Instructions for the task:
Look through the records below, and copy out every line that holds the string "entry".

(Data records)

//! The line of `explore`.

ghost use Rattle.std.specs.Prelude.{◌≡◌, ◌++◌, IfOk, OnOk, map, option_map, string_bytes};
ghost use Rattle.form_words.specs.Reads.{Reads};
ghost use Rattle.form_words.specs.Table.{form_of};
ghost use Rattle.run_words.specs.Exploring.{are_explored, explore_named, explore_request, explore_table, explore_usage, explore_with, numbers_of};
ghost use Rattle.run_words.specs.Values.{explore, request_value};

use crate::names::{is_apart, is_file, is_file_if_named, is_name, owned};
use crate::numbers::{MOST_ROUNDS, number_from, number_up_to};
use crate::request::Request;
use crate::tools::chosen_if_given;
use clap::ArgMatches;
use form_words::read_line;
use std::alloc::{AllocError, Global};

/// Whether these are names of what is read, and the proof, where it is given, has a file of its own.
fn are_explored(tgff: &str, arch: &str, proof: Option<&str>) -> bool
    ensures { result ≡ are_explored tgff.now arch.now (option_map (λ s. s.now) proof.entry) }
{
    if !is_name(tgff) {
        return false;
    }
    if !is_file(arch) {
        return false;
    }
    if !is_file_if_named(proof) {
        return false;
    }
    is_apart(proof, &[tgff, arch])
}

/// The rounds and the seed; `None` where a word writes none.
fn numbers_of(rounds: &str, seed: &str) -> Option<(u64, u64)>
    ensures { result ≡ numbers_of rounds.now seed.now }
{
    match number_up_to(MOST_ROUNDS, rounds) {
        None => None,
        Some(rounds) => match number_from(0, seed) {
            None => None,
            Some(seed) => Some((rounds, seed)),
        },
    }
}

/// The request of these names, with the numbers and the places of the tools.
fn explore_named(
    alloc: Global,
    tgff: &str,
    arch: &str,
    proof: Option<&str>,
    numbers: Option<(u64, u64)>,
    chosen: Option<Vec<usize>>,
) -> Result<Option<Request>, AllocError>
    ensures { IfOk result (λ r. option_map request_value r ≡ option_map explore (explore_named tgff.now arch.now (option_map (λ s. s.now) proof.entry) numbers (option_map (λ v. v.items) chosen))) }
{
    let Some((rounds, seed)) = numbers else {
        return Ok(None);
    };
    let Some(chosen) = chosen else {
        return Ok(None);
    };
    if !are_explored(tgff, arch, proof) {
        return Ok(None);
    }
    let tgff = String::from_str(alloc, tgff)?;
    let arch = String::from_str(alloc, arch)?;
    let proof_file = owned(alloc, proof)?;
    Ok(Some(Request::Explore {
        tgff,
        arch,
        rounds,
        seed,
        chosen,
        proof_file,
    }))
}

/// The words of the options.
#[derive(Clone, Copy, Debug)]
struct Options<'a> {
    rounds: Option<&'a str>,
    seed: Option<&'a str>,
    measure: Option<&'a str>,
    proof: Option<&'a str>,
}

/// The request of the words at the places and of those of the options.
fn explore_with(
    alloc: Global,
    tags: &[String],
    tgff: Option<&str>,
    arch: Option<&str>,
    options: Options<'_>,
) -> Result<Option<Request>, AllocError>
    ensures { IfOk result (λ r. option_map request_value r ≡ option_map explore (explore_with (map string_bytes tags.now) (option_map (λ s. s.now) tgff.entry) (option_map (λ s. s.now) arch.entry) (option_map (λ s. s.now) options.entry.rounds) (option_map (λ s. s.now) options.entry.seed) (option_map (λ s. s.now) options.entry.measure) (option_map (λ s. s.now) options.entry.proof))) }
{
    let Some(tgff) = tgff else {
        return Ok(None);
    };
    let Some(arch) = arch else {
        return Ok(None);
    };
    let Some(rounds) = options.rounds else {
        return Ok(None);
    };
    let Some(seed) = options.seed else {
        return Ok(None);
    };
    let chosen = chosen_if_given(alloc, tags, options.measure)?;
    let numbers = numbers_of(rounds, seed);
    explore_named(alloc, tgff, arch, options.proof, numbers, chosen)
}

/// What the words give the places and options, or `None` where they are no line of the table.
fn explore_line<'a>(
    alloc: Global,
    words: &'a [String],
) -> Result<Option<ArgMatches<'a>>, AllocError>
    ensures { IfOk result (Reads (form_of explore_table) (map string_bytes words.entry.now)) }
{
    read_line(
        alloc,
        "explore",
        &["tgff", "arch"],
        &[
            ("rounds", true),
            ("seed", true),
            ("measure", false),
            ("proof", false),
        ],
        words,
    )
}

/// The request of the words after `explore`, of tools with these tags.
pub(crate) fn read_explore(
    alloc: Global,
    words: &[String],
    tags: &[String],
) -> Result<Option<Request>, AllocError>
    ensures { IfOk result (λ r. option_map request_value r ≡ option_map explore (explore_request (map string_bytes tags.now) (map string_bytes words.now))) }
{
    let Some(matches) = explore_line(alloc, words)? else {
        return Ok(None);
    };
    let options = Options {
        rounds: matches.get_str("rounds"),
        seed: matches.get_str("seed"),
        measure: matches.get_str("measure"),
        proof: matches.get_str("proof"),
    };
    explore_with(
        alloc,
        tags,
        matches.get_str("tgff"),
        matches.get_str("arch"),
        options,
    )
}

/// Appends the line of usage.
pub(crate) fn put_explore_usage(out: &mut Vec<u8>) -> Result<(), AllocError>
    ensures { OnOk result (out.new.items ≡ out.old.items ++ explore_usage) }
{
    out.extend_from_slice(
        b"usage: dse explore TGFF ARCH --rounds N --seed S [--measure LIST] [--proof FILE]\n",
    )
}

Response:
    ensures { result ≡ are_explored tgff.now arch.now (option_map (λ s. s.now) proof.entry) }
    ensures { IfOk result (λ r. option_map request_value r ≡ option_map explore (explore_named tgff.now arch.now (option_map (λ s. s.now) proof.entry) numbers (option_map (λ v. v.items) chosen))) }
    ensures { IfOk result (λ r. option_map request_value r ≡ option_map explore (explore_with (map string_bytes tags.now) (option_map (λ s. s.now) tgff.entry) (option_map (λ s. s.now) arch.entry) (option_map (λ s. s.now) options.entry.rounds) (option_map (λ s. s.now) options.entry.seed) (option_map (λ s. s.now) options.entry.measure) (option_map (λ s. s.now) options.entry.proof))) }
    ensures { IfOk result (Reads (form_of explore_table) (map string_bytes words.entry.now)) }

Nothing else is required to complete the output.